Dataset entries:
---*---
ghost use Rattle.std.specs.Prelude.{◌≡◌, ◌∷◌, [], false};
ghost use Rattle.im_turn.specs.Logs.{GrewByOwn};

use im_turn::{Logged, Pass, Turn};
use std::alloc::Global;
use std::sync::Wait;
use std::sync::atomic::{AtomicU64, Ordering};
use std::test::Fail;
use std::thread;
use std::thread::{Threads, join};
use std::time::{Clock, CpuClock, Duration};

#[derive(Clone, Copy)]
struct Note {
    by: u32,
    text: u32,
}

#[derive(Drop)]
struct Diary {
    notes: Vec<Note>,
    pages: u64,
}

impl Logged for Diary {
    type Item = Note;

    ghost log = { λ diary. diary.notes.items };

    ghost who = { λ note. note.by };

    ghost fixed = { λ diary. diary.pages ∷ [] };

    fn entries(&self) -> u64 {
        self.notes.len() as u64
    }
}

impl Diary {
    // Writes a note, if there is memory for it.
    fn write(&mut self, by: u32, text: u32)
        ensures notes { GrewByOwn (λ note. note.by) by self.old.notes.items self.new.notes.items }
        ensures pages { self.new.pages ≡ self.old.pages }
    {
        let _ = self.notes.push(Note { by, text });
    }

    // The texts of a number, in their order, are those from 0 on, so many.
    fn has(&self, by: u32, count: u32) -> bool {
        let mut next = 0;
        for note in &self.notes {
            if note.by == by {
                if note.text != next || next == u32::MAX {
                    return false;
                }
                next += 1;
            }
        }
        next == count
    }
}

// Writes notes, each at a turn of its own.
fn write_notes<R: Wait>(
    rt: &R,
    turn: &Turn<Diary>,
    mut pass: Pass<Diary>,
    by: u32,
    count: u32,
) -> Pass<Diary>
    requires turn { pass.turn ≡ turn.now.id }
    requires number { pass.who ≡ by }
    requires idle { pass.holding ≡ false }
    ensures { result ≡ record pass { seen = result.seen; mine = result.mine } }
{
    for text in 0..count {
        let mut diary = turn.take(rt, &mut pass);
        diary.write(by, text);
        turn.give(&mut pass, diary);
    }
    pass
}

// How often one pass hands the value to another.
const ROUNDS: u32 = 20_000;

// For how many milliseconds the value is out in the first of these rounds, and how many of processor time a pass may take that waits
// for it.
const LONG: u64 = 200;

const LITTLE: u64 = 40;

// Waits until a count of steps has come so far.
fn wait_for<R: Wait>(rt: &R, steps: &AtomicU64, count: u64) {
    for _ in rt.forever() {
        if steps.load(Ordering::SeqCst) >= count {
            return;
        }
        thread::yield_now();
    }
}

// Lets the other pass wait for the value: for long in the first round.
fn linger<R: Clock>(rt: &R, round: u32) {
    if round == 0 {
        thread::sleep(rt, Duration::from_millis(LONG));
    }
    for _ in 0..50 {
        thread::yield_now();
    }
}

// Takes the value in each round, keeps it until another pass waits for it, and goes on once that one has had it.
fn hand_over<R: Clock + Wait>(
    rt: &R,
    turn: &Turn<Diary>,
    mut pass: Pass<Diary>,
    steps: &AtomicU64,
) -> Pass<Diary>
    requires turn { pass.turn ≡ turn.now.id }
    requires idle { pass.holding ≡ false }
    ensures { result ≡ record pass { seen = result.seen; mine = result.mine } }
{
    for round in 0..ROUNDS {
        let last = u64::from(round) * 3;
        let diary = turn.take(rt, &mut pass);
        steps.store(last + 1, Ordering::SeqCst);
        wait_for(rt, steps, last + 2);
        linger(rt, round);
        turn.give(&mut pass, diary);
        wait_for(rt, steps, last + 3);
    }
    pass
}

// The processor time of this thread since it was so much.
fn used_since<R: CpuClock>(rt: &R, before: Option<Duration>) -> Duration {
    match (before, rt.thread_cpu_time().ok()) {
        (Some(before), Some(now)) => now.saturating_sub(before),
        _ => Duration::MAX,
    }
}

// Takes the value in each round while the other pass has it, and answers how much processor time a take took at most.
fn take_over<R: CpuClock + Wait>(
    rt: &R,
    turn: &Turn<Diary>,
    mut pass: Pass<Diary>,
    steps: &AtomicU64,
) -> (Pass<Diary>, Duration)
    requires turn { pass.turn ≡ turn.now.id }
    requires idle { pass.holding ≡ false }
    ensures { result.0 ≡ record pass { seen = result.0.seen; mine = result.0.mine } }
{
    let mut most = Duration::ZERO;
    for round in 0..ROUNDS {
        let last = u64::from(round) * 3;
        wait_for(rt, steps, last + 1);
        let before = rt.thread_cpu_time().ok();
        steps.store(last + 2, Ordering::SeqCst);
        let diary = turn.take(rt, &mut pass);
        most = most.max(used_since(rt, before));
        turn.give(&mut pass, diary);
        steps.store(last + 3, Ordering::SeqCst);
    }
    (pass, most)
}

// The job of pass 1: it hands the value over, and then writes.
fn lead<R: Clock + Wait>(
    rt: &R,
    turn: &Turn<Diary>,
    pass: Pass<Diary>,
    steps: &AtomicU64,
    count: u32,
) -> Pass<Diary>
    requires turn { pass.turn ≡ turn.now.id }
    requires number { pass.who ≡ 1 }
    requires idle { pass.holding ≡ false }
    ensures { result ≡ record pass { seen = result.seen; mine = result.mine } }
{
    write_notes(rt, turn, hand_over(rt, turn, pass, steps), 1, count)
}

// The job of pass 2: it takes the value over, and then writes.
fn follow<R: CpuClock + Wait>(
    rt: &R,
    turn: &Turn<Diary>,
    pass: Pass<Diary>,
    steps: &AtomicU64,
    count: u32,
) -> (Pass<Diary>, Duration)
    requires turn { pass.turn ≡ turn.now.id }
    requires number { pass.who ≡ 2 }
    requires idle { pass.holding ≡ false }
    ensures { result.0 ≡ record pass { seen = result.0.seen; mine = result.0.mine } }
{
    let (pass, used) = take_over(rt, turn, pass, steps);
    (write_notes(rt, turn, pass, 2, count), used)
}

// Two passes hand the value to each other, and then write beside each other, in two threads. It answers what they wrote, and how
// much processor time one took that waited for the value.
fn write_both<R: Clock + CpuClock + Threads + Wait + Sync>(
    rt: &R,
    alloc: Global,
    count: u32,
) -> Result<(Diary, Duration), Diary> {
    let diary = Diary {
        notes: Vec::new(alloc),
        pages: 7,
    };
    let (turn, mut first) = Turn::new(alloc, diary, 3)?;
    let one = turn.split(&mut first, 1);
    let two = turn.split(&mut first, 2);
    let steps = AtomicU64::new(0);
    let (one, (two, used)) = join(
        rt,
        || lead(rt, &turn, one, &steps, count),
        || follow(rt, &turn, two, &steps, count),
    );
    turn.join(&mut first, one);
    turn.join(&mut first, two);
    Ok((turn.close(first), used))
}

#[test]
fn two_threads_write_into_one_log_and_sleep_while_they_wait(rt: HostRuntime) {
    let Ok((diary, used)) = write_both(&rt, rt.alloc(), 2000) else {
        panic!(rt; "there was no memory")
    };
    assert!(rt; diary.entries() == 4000 && diary.pages == 7);
    assert!(rt; diary.has(1, 2000) && diary.has(2, 2000) && diary.has(0, 0));
    assert!(rt; used < Duration::from_millis(LITTLE));
}

#[test]
fn a_list_of_passes_joins(rt: HostRuntime) -> Result<(), Fail> {
    let diary = Diary {
        notes: Vec::new(rt.alloc()),
        pages: 0,
    };
    let mut passes = Vec::with_capacity(rt.alloc(), 2)?;
    let Ok((turn, mut first)) = Turn::new(rt.alloc(), diary, 3) else {
        panic!(rt; "there was no memory")
    };
    let one = turn.split(&mut first, 1);
    let two = turn.split(&mut first, 2);
    passes.push_reserved(write_notes(&rt, &turn, one, 1, 2));
    passes.push_reserved(write_notes(&rt, &turn, two, 2, 3));
    turn.join_all(&mut first, passes);
    first.recall();
    let diary = turn.close(first);
    assert!(rt; diary.entries() == 5);
    assert!(rt; diary.has(1, 2) && diary.has(2, 3));
    Ok(())
}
---*---
* **What this task involves**:
The answer must consist of every line from the entries that holds the string "HostRuntime".

* **Output of the task**:
fn two_threads_write_into_one_log_and_sleep_while_they_wait(rt: HostRuntime) {
fn a_list_of_passes_joins(rt: HostRuntime) -> Result<(), Fail> {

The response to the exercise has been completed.